Video Games — New Media Art?

April 30, 2008 at 3:33 am (Readings)

My comments to follow are in regard to a required class reading of the following: 

Paul:  Chap. 13, Themes in Digital Art–Gaming, pp. 196-203.
Wardrip Fruin: Reading #34: Sherry Turkle, “Video Games and Computer Holding Power,” pp. 499-514.

This particular set of readings was all about video games and their influence on the digital art revolution.

The Paul reading considered games such as Myst, Everquest, Doom, and even The Sims as examples of digital art in the gaming form. Such games were sources of inspiration to artists and served as precursors for the programs used as mediums in today’s digital art.

An artist named Natalie Bookchin addressed the gaming topic with her online project, Metapet (2002). The simulation created in her “game” follows a virtual genetically engineered office worker in an office environment of the future. Her piece humorously touches the issues of corporate productivity being improved by the use of biotechnology and robots of the future to replace the human worker.

The simulation has indefinitely been taken offline, but here is a link to her project’s site with screenshots and more information:
http://metapet.net/

Cory Archangel took a different approach to the incorporation of video games with digital art. He scavenged old cartridges of the Nintendo game, Super Mario Brothers, and reverse-engineered them to produce his landscape photography in the game’s 8-bit format. To do this, he would melt chips off of a cartridge and replace them with his own self-manufactured ones with data of his photography. The final products were landscape studies rendered in the game’s aesthetics.

Here is another work of art created by Cory Archangel and his modification of Nintendo game cartridges, titled “cloudscroll“:

Among others who also modified the mechanics of video games to create works of art, was Chinese artist, Feng Mengbo. Feng modified the software of Quake III Arena (a.ka. Q3A) to create his own piece aptly named Q4U (or Quake For You; 2002). He inserted a visual representation of himself equipped with a weapon and camcorder into the game and in a sense, made himself part of the game. Populating the game’s environment with hundreds of his “clones,” he created an interactive work of art that addressed concepts of online identity and immersive commercial environments. 

Sherry Turkle compared television to video games as something you watch from afar, versus something you can participate in. She attributed certain psychological bonds that players can develop with the use of video games and those included the illusion of achievement, the allure of perfection, and having more control over certain–normally uncontrollable–aspects of your life.
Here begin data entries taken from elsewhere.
//! Lines that are taken, one after another.
ghost use Rattle.std.specs.Prelude.{◌≡◌, ◌∷◌, [], ◌++◌, length, None, option_map, IfOk, OnOk, OnErr};
ghost use Rattle.byte_defs.specs.Reads.{Makes};
ghost use Rattle.sig_scheme.specs.Keys.{key_bytes, key_scheme, refusal_of};
ghost use Rattle.sig_scheme.specs.Views.{secret};
ghost use Rattle.signature_defs.specs.Secrets.{Plain, Lms, Hss, scheme_of};
ghost use Rattle.text_codec.specs.Views.{parts_left};
ghost use Rattle.kit_defs.specs.Kits as plain_kits;
ghost use Rattle.kit_defs.specs.Kits.{key_length, secret_line};
ghost use Rattle.kit_defs.specs.KitReading as plain;
ghost use Rattle.kit_draft.specs.Drafts.{IsDraft};
ghost use Rattle.kit_lines.specs.LineViews.{line};
ghost use Rattle.kit_file.specs.Views.{hosts};
ghost use Rattle.kit_reading.specs.Additions.{CanAdd, IsOfTrees};
ghost use Rattle.kit_reading.specs.Faults.{fault_of};

use crate::faults::KitFault;
use kit_draft::Draft;
use kit_file::{Host, public_key_of};
use kit_lines::{KitLine, line_by};
use rp_base::{NoMemory, Pid};
use sig_scheme::{OtsType, PublicKey, Secret};
use std::alloc::Global;
use text_codec::Parts as Words;

/// The most bytes of a line.
pub(crate) const MOST_LINE_BYTES: usize = 70_000;

fn array_of<const N: usize>(bytes: &[u8]) -> [u8; N]
    requires { length bytes.now ≡ N }
    ensures { result ≡ bytes.now }
{
    let mut array = [0; N];
    array.copy_from_slice(bytes);
    array
}

// The bytes as a public key of the scheme that another one has.
fn like(key: PublicKey, bytes: &[u8]) -> PublicKey
    requires { length bytes.now ≡ key_length (key_scheme key) }
    ensures { key_bytes result ≡ bytes.now }
{
    match key {
        PublicKey::Plain(_) => PublicKey::Plain(array_of(bytes)),
        PublicKey::Lms(_) => PublicKey::Lms(array_of(bytes)),
        PublicKey::Hss(_) => PublicKey::Hss(array_of(bytes)),
    }
}

// Adds a host with no pair line after the others.
fn push_host(all: &mut Vec<Host>, alloc: Global, process: Pid, of: Secret) -> Result<(), NoMemory>
    ensures pushed { OnOk result (hosts all.new.items ≡ hosts all.old.items
        ++ record { process = process; secret = secret of; pairs = [] } ∷ []) }
    ensures unchanged { OnErr result (all.new.items ≡ all.old.items) }
{
    all.push(Host {
        process,
        secret: of,
        pairs: Vec::new(alloc),
    })?;
    Ok(())
}

// A pair line of the last host.
fn push_pair(all: &mut Vec<Host>, other: Pid, key: [u8; 32]) -> Result<(), NoMemory>
    ensures pushed { OnOk result (hosts all.new.items ≡ plain.with_pair (other, key) (hosts all.old.items)) }
    ensures unchanged { OnErr result (hosts all.new.items ≡ hosts all.old.items) }
{
    if let Some(host) = all.last_mut() {
        host.pairs.push((other, key))?;
    }
    Ok(())
}

// The public key on the key line of a process; empty where it has none.
fn listed_key(draft: &Draft, p: Pid) -> &[u8]
    ensures { result.now ≡ plain.listed_key draft.now p }
{
    match draft.roster.key(p) {
        Some(key) => key,
        None => &[],
    }
}

// The process is hosted after the others, with its listed key.
fn add_plain_host(
    draft: &mut Draft,
    alloc: Global,
    process: Pid,
    total: u32,
) -> Result<(), NoMemory>
    requires size { length (plain.listed_key draft.old process) ≡ 32 }
    requires keeps { IsDraft (plain.with_host draft.old process (Plain (plain.listed_key draft.old process) total)) }
    ensures added { OnOk result (draft.new ≡ plain.with_host draft.old process (Plain (plain.listed_key draft.old process) total)) }
    ensures unchanged { OnErr result (draft.new ≡ draft.old) }
{
    let key = array_of(listed_key(draft, process));
    push_host(
        &mut draft.hosts,
        alloc,
        process,
        Secret::Plain { key, total },
    )
}

// Passes where the secret makes the public key on the key line of the process.
fn match_key(
    draft: &Draft,
    alloc: Global,
    number: usize,
    process: Pid,
    of: Secret,
) -> Result<(), KitFault>
    requires built { refusal_of (secret of) ≡ None }
    requires size { length (plain.listed_key draft.now process) ≡ key_length (scheme_of (secret of)) }
    ensures { Makes fault_of (λ nothing. nothing) result (plain.matching number draft.now process (secret of)) }
{
    let made = public_key_of(alloc, of)?;
    let bytes = listed_key(draft, process);
    if made.as_bytes() != bytes {
        return Err(KitFault::KeyMismatch {
            line: number,
            made,
            listed: like(made, bytes),
        });
    }
    Ok(())
}

// The process is hosted after the others, where the secret makes its listed key.
fn add_tree_host(
    draft: &mut Draft,
    alloc: Global,
    number: usize,
    process: Pid,
    of: Secret,
) -> Result<(), KitFault>
    requires trees { IsOfTrees (secret of) }
    requires can { CanAdd number draft.old (secret_line process (secret of)) }
    ensures added { Makes fault_of (λ _. draft.new) result (plain.with_line number draft.old (secret_line process (secret of))) }
    ensures unchanged { OnErr result (draft.new ≡ draft.old) }
{
    match_key(draft, alloc, number, process, of)?;
    push_host(&mut draft.hosts, alloc, process, of)?;
    Ok(())
}

// The secret of a tree with these parameters.
fn tree(height: u32, ots: OtsType, id: [u8; 16], seed: [u8; 32]) -> Secret
    ensures { secret result ≡ Lms height ots id seed }
{
    Secret::Lms {
        height,
        ots,
        id,
        seed,
    }
}

// The secret of this many levels of trees with these parameters.
fn levels_of(levels: u32, height: u32, ots: OtsType, id: [u8; 16], seed: [u8; 32]) -> Secret
    ensures { secret result ≡ Hss levels height ots id seed }
{
    Secret::Hss {
        levels,
        height,
        ots,
        id,
        seed,
    }
}

// Puts a line after those so far, where it is the next one.
fn add_line(draft: &mut Draft, alloc: Global, number: usize, said: KitLine) -> Result<(), KitFault>
    requires { CanAdd number draft.old (line said) }
    ensures added { Makes fault_of (λ _. draft.new) result (plain.with_line number draft.old (line said)) }
    ensures unchanged { OnErr result (draft.new ≡ draft.old) }
{
    match said {
        KitLine::Version(version) => draft.version = Some(version),
        KitLine::SchemeIs(scheme) => draft.scheme = Some(scheme),
        KitLine::GroupIs(group) => draft.group = Some(group),
        KitLine::Key { process, key } => draft.roster.add(process, key.as_bytes())?,
        KitLine::Genesis(members) => draft.genesis = members,
        KitLine::Port { process, port } => draft.ports.push((process, port))?,
        KitLine::PlainHost { process, total } => {
            add_plain_host(draft, alloc, process, total)?;
        }
        KitLine::LmsHost {
            process,
            height,
            ots,
            id,
            seed,
        } => {
            let secret = tree(height, ots, id, seed);
            add_tree_host(draft, alloc, number, process, secret)?;
        }
        KitLine::HssHost {
            process,
            levels,
            height,
            ots,
            id,
            seed,
        } => {
            let secret = levels_of(levels, height, ots, id, seed);
            add_tree_host(draft, alloc, number, process, secret)?;
        }
        KitLine::Pair { other, key, .. } => push_pair(&mut draft.hosts, other, key)?,
    }
    Ok(())
}

// The line that these words are after those so far.
fn said_by(draft: &Draft, words: Words<'_>) -> Option<KitLine>
    ensures said { option_map line result ≡ plain.line_by (plain.may_of draft.now) (parts_left words.entry) }
    ensures holds { IsDraft draft.now }
{
    line_by(draft.reported(), words)
}

/// Takes the line of this number, without its line feed, after those so far, or answers its first fault.
#[tactic(auto, unfolding(kit_defs::specs::KitReading::take_line))]
pub fn take_line(
    draft: &mut Draft,
    alloc: Global,
    number: usize,
    text: &[u8],
) -> Result<(), KitFault>
    ensures taken { Makes fault_of (λ _. draft.new) result (plain.take_line number draft.old text.now) }
    ensures unchanged { OnErr result (draft.new ≡ draft.old) }
{
    if text.len() > MOST_LINE_BYTES {
        return Err(KitFault::Line { line: number });
    }
    let words = Words::words(text);
    if draft.is_repeated(words) {
        return Err(KitFault::Repeated { line: number });
    }
    let Some(said) = said_by(draft, words) else {
        return Err(KitFault::Line { line: number });
    };
    if draft.is_outside(&said) || draft.is_late(&said) {
        return Err(KitFault::Line { line: number });
    }
    if draft.is_early(&said) {
        return Err(KitFault::Missing { line: number });
    }
    if draft.is_of_strangers(&said) {
        return Err(KitFault::Line { line: number });
    }
    add_line(draft, alloc, number, said)
}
One could say if a psychological attachment to a game can produce such values, would this not be a negative influence on the human psyche and morale? When you really look at it, it can be compared to the vices: sloth (creating an illusion of achievement over a real one, while you sit around doing nothing in the real world), greed & lust (amassing power and money, while you chase the virtual princess), and vanity (encouraging heightened expectations for physical appearance, while making your virtual “you” more attractive than you are in reality).

To further add to such ideas that there is a negativity to the addiction of games, it would seem that many commercial video games have a dependence on violence to entice a gamer to actually buy a game and play it. Feng Mengbo, among many others, mocked this commercial element in his piece, Q4U (Quake For You, 2002).

As for Turkle’s article, which was written in 1984 – she touched the topic of addicted gamers and their attempted escape to simulated worlds, which can still be attributed to the gamers of today. One could say it’s even worse with today’s highly detailed, even more immersive, interactive games which allow you to converse and compete with other gamers across the world.

At this very moment, if a person were to ask me whether I thought video games had a positive or negative influence on new media art, digital artists, the art community, and humanity in general, I would have to say that it’s had a positive influence on artists. Video games’ innovational elements, technologies, programs, softwares, etc. have inspired artists to create their own works and make their own statements. In a sense, gaming has essentially put a weapon in the artist’s hand so the art community can fight back against commercialism and other issues.

As for humanity in general, although many games are violent, addictive, and influenced by certain vices like vanity and greed; one should look further and consider the good things that games have inspired. Like video games, many books, movies, and television shows have featured violence, sex, and other negative elements and encouraged vices like sloth.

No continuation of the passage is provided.